To be honest the more furtive you look the more likely you are to be noticed as looking out of place, that includes camo and the like. I've never come across anyone wearing a disguise before, it seems like a bit of a bizarre idea.


----------



## UrbanX (Apr 28, 2015)

Yep, I can vouch for the "hi-vis makes you invisible" disguise...  

A hard hat sets it off nicely, but don't go overboard with the glasses / nose / moustache thing. 

There's rarely anything good that comes from lying to the Police. 

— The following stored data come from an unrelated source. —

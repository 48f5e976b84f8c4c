//! What a milestone, a schedule and a flight plan set. Written by `bench/rows/rows.py`.
use crate::rows::{Row, is_answered};

static ROWS_1: [Row; 31] = [
    Row {
        shows: "what milestone 2 sets",
        capacity: 100,
        starts: true,
        lines: r#"$+2(10:15)
&>
"#,
        replies: r#"^
^
^
~Y07U00j4784ba01UUUUUUUU`00
"#,
    },
    Row {
        shows: "what milestone 3 sets",
        capacity: 100,
        starts: true,
        lines: r#"$+3(08:00)
&>
"#,
        replies: r#"^
^
^
~Y0bU00j`00c083ba01UUUUUUUU
"#,
    },
    Row {
        shows: "what milestone 4 sets",
        capacity: 100,
        starts: true,
        lines: r#"%+4(09:10)
&>
"#,
        replies: r#"^
^
^
~Y13U00jU00000684ba01UUUUUUU0000
"#,
    },
    Row {
        shows: "what milestone 5 sets",
        capacity: 100,
        starts: true,
        lines: r#"%+5(09:08)
&>
"#,
        replies: r#"^
^
^
~Y23U00jU00000484ba01UUUUUUU0000
"#,
    },
    Row {
        shows: "what milestone 6 sets",
        capacity: 100,
        starts: true,
        lines: r#"%+6(09:00)
&>
"#,
        replies: r#"^
^
^
~Y43U00jUUfc83ba01UUUUUU`00
"#,
    },
    Row {
        shows: "what milestone 7 sets",
        capacity: 100,
        starts: true,
        lines: r#"%+6(09:00)
!+7(09:05)
&>
"#,
        replies: r#"^
^
^
^
~Yc3U00jUUfc83ba010184ba01UUUUUU
"#,
    },
    Row {
        shows: "what milestone 8 sets",
        capacity: 100,
        starts: true,
        lines: r#"%+6(09:00)
!+7(09:05)
*+8(09:06)
&>
"#,
        replies: r#"^
^
^
^
^
~Yc301UjUUfc83ba010184ba010284ba01UUUUU0000
"#,
    },
    Row {
        shows: "what milestone 9 sets",
        capacity: 100,
        starts: true,
        lines: r#"*+9(10:00)
&>
"#,
        replies: r#"^
^
^
~Y0302UjUUUU3884ba01UUUU`00
"#,
    },
    Row {
        shows: "what milestone 10 sets",
        capacity: 100,
        starts: true,
        lines: r#"*+9(10:00)
%+10(10:01)
&>
"#,
        replies: r#"^
^
^
^
~Y0306UjUUUU3884ba013984ba01UUUU
"#,
    },
    Row {
        shows: "what milestone 11 sets",
        capacity: 100,
        starts: true,
        lines: r#"*+9(10:00)
*+11(09:40)
&>
"#,
        replies: r#"^
^
^
^
~Y030aUjUUUU3884ba01`002484ba01UUU0000
"#,
    },
    Row {
        shows: "what milestone 12 sets",
        capacity: 100,
        starts: true,
        lines: r#"*+9(10:00)
&+12(09:55)
&>
"#,
        replies: r#"^
^
^
^
~Y0312UjUUUU3884ba01U00003384ba01UU`00
"#,
    },
    Row {
        shows: "what milestone 13 sets",
        capacity: 100,
        starts: true,
        lines: r#"*+9(10:00)
%+10(10:01)
%+13(09:58)
&>
"#,
        replies: r#"^
^
^
^
^
~Y0326UjUUUU3884ba013984ba01U00003684ba01UU
"#,
    },
    Row {
        shows: "what milestone 14 sets",
        capacity: 100,
        starts: true,
        lines: r#"*+9(10:00)
%+10(10:01)
%+13(09:58)
%+14(10:02)
&>
"#,
        replies: r#"^
^
^
^
^
^
~Y0366UjUUUU3884ba013984ba01U00003684ba013a84ba01U0000
"#,
    },
    Row {
        shows: "what milestone 15 sets",
        capacity: 100,
        starts: true,
        lines: r#"*+9(10:00)
%+10(10:01)
%+13(09:58)
%+14(10:02)
%+15(10:03)
&>
"#,
        replies: r#"^
^
^
^
^
^
^
~Y03e6UjUUUU3884ba013984ba01U00003684ba013a84ba013b84ba01`00
"#,
    },
    Row {
        shows: "what milestone 16 sets",
        capacity: 100,
        starts: true,
        lines: r#"*+9(10:00)
%+10(10:01)
%+13(09:58)
%+14(10:02)
%+15(10:03)
%+16(10:12)
&>
"#,
        replies: r#"^
^
^
^
^
^
^
^
~Y03e601`0000jUUUU3884ba013984ba01U00003684ba013a84ba013b84ba014484ba01
"#,
    },
    Row {
        shows: "a slot time is taken back",
        capacity: 100,
        starts: true,
        lines: r#"$+2(10:15)
$+2,"time":null}
&>
"#,
        replies: r#"^
^
^
^
~Y07U00jUUUUUUUUU0000
"#,
    },
    Row {
        shows: "a slot time that never was is taken back",
        capacity: 100,
        starts: true,
        lines: r#"$+2,"time":null}
&>
"#,
        replies: r#"^
^
^
~Y07U00jUUUUUUUUU0000
"#,
    },
    Row {
        shows: "a target that never was is taken back",
        capacity: 100,
        starts: true,
        lines: r#"*+9,"time":null}
&>
"#,
        replies: r#"^
^
^
~Y0302`040000jUUUUUUUUU0000
"#,
    },
    Row {
        shows: "a target is taken back",
        capacity: 100,
        starts: true,
        lines: r#"*+9(10:00)
%+10(10:01)
*+9,"time":null}
&>
"#,
        replies: r#"^
^
^
^
^
~Y0306`040000jUUUUUUUUU0000
"#,
    },
    Row {
        shows: "a radar update and the approach set one field",
        capacity: 100,
        starts: true,
        lines: r#"%+4(09:10)
%+5(09:08)
&>
%+4(09:10)
&>
"#,
        replies: r#"^
^
^
^
~Y33U00jU00000484ba01UUUUUUU0000
^
~Y33U00jU00000684ba01UUUUUUU0000
"#,
    },
    Row {
        shows: "flights of long numbers",
        capacity: 100,
        starts: false,
        lines: r#"!/
$report","flight":4294967303,"milestone":<
$report","flight":9223372036854775815,"milestone":<
$report","flight":18446744073709551615,"milestone":<
!schedule","flight":4294967295,J,K"stand":12}
!=
!schedule","flight":4294967303,J,K"stand":12}
$+<
!=
%report","flight":8589934599,"milestone":6(09:00)
"#,
        replies: r#"^
^
^
^
^
| 7:CDM13;4294967303:CDM01;9223372036854775815:CDM01;18446744073709551615:CDM01;4294967295:CDM13
^
^
| 9223372036854775815:CDM01;18446744073709551615:CDM01;4294967295:CDM13
_202
"#,
    },
    Row {
        shows: "what a schedule sets",
        capacity: 100,
        starts: false,
        lines: r#"1 29000520 APT {"cmd":"/
4 29000520 AO {"cmd":">
1 29000520 APT {"cmd":"schedule","flight":7,"callsign":"ZZZZZZZZ","type":"Q","reg":"QQQQQQQQ","dest":"Q","sobt":"2025-02-20T11:00:00Z","mttt":1,"exit":2,"exot":3,"stand":4}
4 29000520 AO {"cmd":">
"#,
        replies: r#"^
~07U00444c4837`004133323`0004441494243U`00004544444d`0001U0028000a000c0001053884ba01UUUUUUUUUU
^
~07U005a5a5a5a5a5a5a5a51U005151515151515151U000051U0001U0001000300040001027484ba01UUUUUUUUUU
"#,
    },
    Row {
        shows: "a schedule changes the callsign",
        capacity: 100,
        starts: false,
        lines: r#"1 29000520 APT {"cmd":"/
1 29000520 APT {"cmd":"schedule","flight":7,"callsign":"BAW1","type":"A320","reg":"DAIBC","dest":"EDDM",K"stand":12}
4 29000520 AO {"cmd":">
"#,
        replies: r#"^
^
~07U0042415731`004133323`0004441494243U`00004544444d`0001U0028000a000c0001053884ba01UUUUUUUUUU
"#,
    },
    Row {
        shows: "a schedule changes the scheduled type",
        capacity: 100,
        starts: false,
        lines: r#"1 29000520 APT {"cmd":"/
1 29000520 APT {"cmd":"schedule","flight":7,"callsign":"DLH7","type":"B738","reg":"DAIBC","dest":"EDDM",K"stand":12}
4 29000520 AO {"cmd":">
"#,
        replies: r#"^
^
~07U00444c4837`0042373338`004441494243U`00004544444d`0001U0028000a000c0001053884ba01UUUUUUUUUU
"#,
    },
    Row {
        shows: "a schedule changes the scheduled registration",
        capacity: 100,
        starts: false,
        lines: r#"1 29000520 APT {"cmd":"/
1 29000520 APT {"cmd":"schedule","flight":7,"callsign":"DLH7","type":"A320","reg":"GABCD","dest":"EDDM",K"stand":12}
4 29000520 AO {"cmd":">
"#,
        replies: r#"^
^
~07U00444c4837`004133323`0004741424344U`00004544444d`0001U0028000a000c0001053884ba01UUUUUUUUUU
"#,
    },
    Row {
        shows: "a schedule changes the scheduled destination",
        capacity: 100,
        starts: false,
        lines: r#"1 29000520 APT {"cmd":"/
1 29000520 APT {"cmd":"schedule","flight":7,"callsign":"DLH7","type":"A320","reg":"DAIBC","dest":"EGLL",K"stand":12}
4 29000520 AO {"cmd":">
"#,
        replies: r#"^
^
~07U00444c4837`004133323`0004441494243U`000045474c4c`0001U0028000a000c0001053884ba01UUUUUUUUUU
"#,
    },
    Row {
        shows: "a schedule changes the SOBT",
        capacity: 100,
        starts: false,
        lines: r#"1 29000520 APT {"cmd":"/
1 29000520 APT {"cmd":"schedule","flight":7,J,"sobt":"2025-02-20T11:00:00Z","mttt":40,"exit":5,"exot":10,"stand":12}
4 29000520 AO {"cmd":">
"#,
        replies: r#"^
^
~07U00444c4837`004133323`0004441494243U`00004544444d`0001U0028000a000c0001057484ba01UUUUUUUUUU
"#,
    },
    Row {
        shows: "a schedule changes the MTTT",
        capacity: 100,
        starts: false,
        lines: r#"1 29000520 APT {"cmd":"/
1 29000520 APT {"cmd":"schedule","flight":7,J,"sobt":"2025-02-20T10:00:00Z","mttt":1440,"exit":5,"exot":10,"stand":12}
4 29000520 AO {"cmd":">
"#,
        replies: r#"^
^
~07U00444c4837`004133323`0004441494243U`00004544444d`0001U00a0050a000c0001053884ba01UUUUUUUUUU
"#,
    },
    Row {
        shows: "a schedule changes the EXIT",
        capacity: 100,
        starts: false,
        lines: r#"1 29000520 APT {"cmd":"/
1 29000520 APT {"cmd":"schedule","flight":7,J,"sobt":"2025-02-20T10:00:00Z","mttt":40,"exit":255,"exot":10,"stand":12}
4 29000520 AO {"cmd":">
"#,
        replies: r#"^
^
~07U00444c4837`004133323`0004441494243U`00004544444d`0001U0028000a000c0001ff3884ba01UUUUUUUUUU
"#,
    },
    Row {
        shows: "a schedule changes the EXOT",
        capacity: 100,
        starts: false,
        lines: r#"1 29000520 APT {"cmd":"/
1 29000520 APT {"cmd":"schedule","flight":7,J,"sobt":"2025-02-20T10:00:00Z","mttt":40,"exit":5,"exot":1440,"stand":12}
4 29000520 AO {"cmd":">
"#,
        replies: r#"^
^
~07U00444c4837`004133323`0004441494243U`00004544444d`0001U002800a0050c0001053884ba01UUUUUUUUUU
"#,
    },
    Row {
        shows: "a schedule changes the stand",
        capacity: 100,
        starts: false,
        lines: r#"1 29000520 APT {"cmd":"/
1 29000520 APT {"cmd":"schedule","flight":7,J,K"stand":65535}
4 29000520 AO {"cmd":">
"#,
        replies: r#"^
^
~07U00444c4837`004133323`0004441494243U`00004544444d`0001U0028000a00ffff01053884ba01UUUUUUUUUU
"#,
    },
];

#[test]
fn part_1(rt: HostRuntime) {
    for row in &ROWS_1 {
        is_answered(&rt, rt.alloc(), row);
    }
}

static ROWS_2: [Row; 11] = [
    Row {
        shows: "what a flight plan sets",
        capacity: 100,
        starts: false,
        lines: r#"$+<
&>
$+1(11:00:00Z","callsign":"ZZZZZZZZ","type":"Q","reg":"QQQQQQQQ","dest":"Q"}
&>
"#,
        replies: r#"^
~07U00444c4837U00004133323U000004441494243U004544444d02`02U`01`00003884ba01UUUUUUUUU0000
^
~07U005a5a5a5a5a5a5a5a`0051U`00005151515151515151`0051`02`02U`01`00007484ba01UUUUUUUUU0000
"#,
    },
    Row {
        shows: "a flight plan changes the callsign",
        capacity: 100,
        starts: false,
        lines: r#"$+<
$+1(10:00:00Z","callsign":"BAW1","type":"A320","reg":"DAIBC","dest":"EDDM"}
&>
"#,
        replies: r#"^
^
~07U0042415731U00004133323U000004441494243U004544444d02`02U`01`00003884ba01UUUUUUUUU0000
"#,
    },
    Row {
        shows: "a flight plan changes the plan type",
        capacity: 100,
        starts: false,
        lines: r#"$+<
$+1(10:00:00Z","callsign":"DLH7","type":"B738","reg":"DAIBC","dest":"EDDM"}
&>
"#,
        replies: r#"^
^
~07U00444c4837U000042373338U00004441494243U004544444d02`02U`01`00003884ba01UUUUUUUUU0000
"#,
    },
    Row {
        shows: "a flight plan changes the plan registration",
        capacity: 100,
        starts: false,
        lines: r#"$+<
$+1(10:00:00Z","callsign":"DLH7","type":"A320","reg":"GABCD","dest":"EDDM"}
&>
"#,
        replies: r#"^
^
~07U00444c4837U00004133323U000004741424344U004544444d02`02U`01`00003884ba01UUUUUUUUU0000
"#,
    },
    Row {
        shows: "a flight plan changes the plan destination",
        capacity: 100,
        starts: false,
        lines: r#"$+<
$+1(10:00:00Z","callsign":"DLH7","type":"A320","reg":"DAIBC","dest":"EGLL"}
&>
"#,
        replies: r#"^
^
~07U00444c4837U00004133323U000004441494243U0045474c4c02`02U`01`00003884ba01UUUUUUUUU0000
"#,
    },
    Row {
        shows: "a flight plan changes the EOBT",
        capacity: 100,
        starts: false,
        lines: r#"$+<
$+1(11:00:00Z",J}
&>
"#,
        replies: r#"^
^
~07U00444c4837U00004133323U000004441494243U004544444d02`02U`01`00007484ba01UUUUUUUUU0000
"#,
    },
    Row {
        shows: "a flight plan keeps what the schedule set",
        capacity: 100,
        starts: false,
        lines: r#"!schedule","flight":7,"callsign":"BAW1","type":"A320","reg":"DAIBC","dest":"EDDM",K"stand":12}
$+<
&>
"#,
        replies: r#"^
^
~Y03U00jUUUUUUUUU0000
"#,
    },
    Row {
        shows: "a schedule keeps what the flight plan set",
        capacity: 100,
        starts: false,
        lines: r#"$+1(10:00:00Z","callsign":"BAW1","type":"A320","reg":"DAIBC","dest":"EDDM"}
!/
&>
"#,
        replies: r#"^
^
~Y03U00jUUUUUUUUU0000
"#,
    },
    Row {
        shows: "what reports leave alone",
        capacity: 100,
        starts: true,
        lines: r#"$+2(10:15)
$+3(08:00)
%+4(09:10)
%+5(09:08)
%+6(09:00)
!+7(09:05)
*+8(09:06)
*+9(10:00)
%+10(10:01)
*+11(09:40)
&+12(09:55)
%+13(09:58)
&>
%+14(10:02)
%+13(09:58)
&+12(09:55)
*+11(09:40)
%+10(10:01)
*+8(09:06)
$+2(10:15)
$+<
&>
"#,
        replies: r#"^
^
^
^
^
^
^
^
^
^
^
^
^
^
~Yff3fUj4784ba01c083ba010484ba01fc83ba010184ba010284ba013884ba013984ba012484ba013384ba013684ba01UU
^
^
^
^
^
^
^
^
~Yff7fUj4784ba01c083ba010484ba01fc83ba010184ba010284ba013884ba013984ba012484ba013384ba013684ba013a84ba01U0000
"#,
    },
    Row {
        shows: "what a flight plan leaves alone",
        capacity: 100,
        starts: false,
        lines: r#"$+<
*+9(10:00)
%+10(10:01)
*+11(09:40)
&+12(09:55)
%+13(09:58)
%+14(10:02)
$+2(10:15)
$+3(08:00)
%+4(09:10)
%+5(09:08)
%+6(09:00)
!+7(09:05)
*+8(09:06)
$+<
&>
!/
&>
$+2,"time":null}
&>
"#,
        replies: r#"^
^
^
^
^
^
^
^
^
^
^
^
^
^
^
~07U00444c4837U00004133323U000004441494243U004544444dfe7f000002U`01`00003884ba014784ba01c083ba010484ba01fc83ba010184ba010284ba013884ba013984ba012484ba013384ba013684ba013a84ba01U0000
^
~Yff7fUj4784ba01c083ba010484ba01fc83ba010184ba010284ba013884ba013984ba012484ba013384ba013684ba013a84ba01U0000
^
~Yff7fUj`00c083ba010484ba01fc83ba010184ba010284ba013884ba013984ba012484ba013384ba013684ba013a84ba01U0000
"#,
    },
    Row {
        shows: "what a target taken back leaves alone",
        capacity: 100,
        starts: true,
        lines: r#"$+2(10:15)
%+4(09:10)
%+6(09:00)
*+9(10:00)
%+10(10:01)
*+9,"time":null}
&>
"#,
        replies: r#"^
^
^
^
^
^
^
^
~Y5706`040000j4784ba01`000684ba01fc83ba01UUUUUU`00
"#,
    },
];

#[test]
fn part_2(rt: HostRuntime) {
    for row in &ROWS_2 {
        is_answered(&rt, rt.alloc(), row);
    }
}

Oh, the only other thing is: Make sure your hi vis doesn't stand out... Some agencies only use orange for example. 
On the above site I quickly realised everyone else had the contractors logo on the back. I simply turned mine inside out so it just looked like I was an idiot that couldn't dress himself...


----------



## krela (Apr 28, 2015)

I don't consider hi vis to be a disguise. PPE innit, responsible urbexing. 

It can also help with the nosy neighbour thing, it'll make them assume you're a surveyor or agent.


----------



## SlimJim (Apr 28, 2015)

I'm starting to wear more unobtrusive garbs on some explores more recently. Blue trousers in particular, rather than my usual green or khaki  Other than that, I've heard of people carrying around a clipboard along with hard hat and high vis, but I've never bothered myself. There's not a lot to slinging on some work clothes, it's more the social engineering side of things that's difficult and takes serious balls. I wouldn't lie to the Police under any circumstances. Most of them are alright and if you haven't done anything criminally wrong, then there's nothing to lie about. I find that honesty and a touch of the old SlimJim charm (non-existent) with Security sometimes gets me a quick 10 min tour if I get pinched too!


----------



## krela (Apr 28, 2015)

It can be a double edged sword. If site access normally goes through security then all your going to do is draw attention to yourself with high-vis, and they're going to know you're not supposed to be there. It only works for a handful of onsite security places.


----------



## Knell (Apr 28, 2015)

Oh goodness im not stupid enough to lie to a police officer~ but id be worried about them taking me in under the guise of "visual lying" or some such~ im not too clued up on law unfortunatley! D;

Like the clipboard idea haha!


----------



## krela (Apr 28, 2015)

You're not going to be arrested for wearing PPE safety equipment... it's perfectly legal to wear anywhere for whatever reason, just like jeans and trainers.


----------



## smiler (Apr 28, 2015)

krela said:


> Well yes, lying to a police officer may well get you arrested (although probably not charged with anything once they realise you're not breaking any laws). My question is though, why lie to a police officer? By all means lie to anyone else who asks, but once you're caught you're caught.
> 
> To be honest the more furtive you look the more likely you are to be noticed as looking out of place, that includes camo and the like. I've never come across anyone wearing a disguise before, it seems like a bit of a bizarre idea.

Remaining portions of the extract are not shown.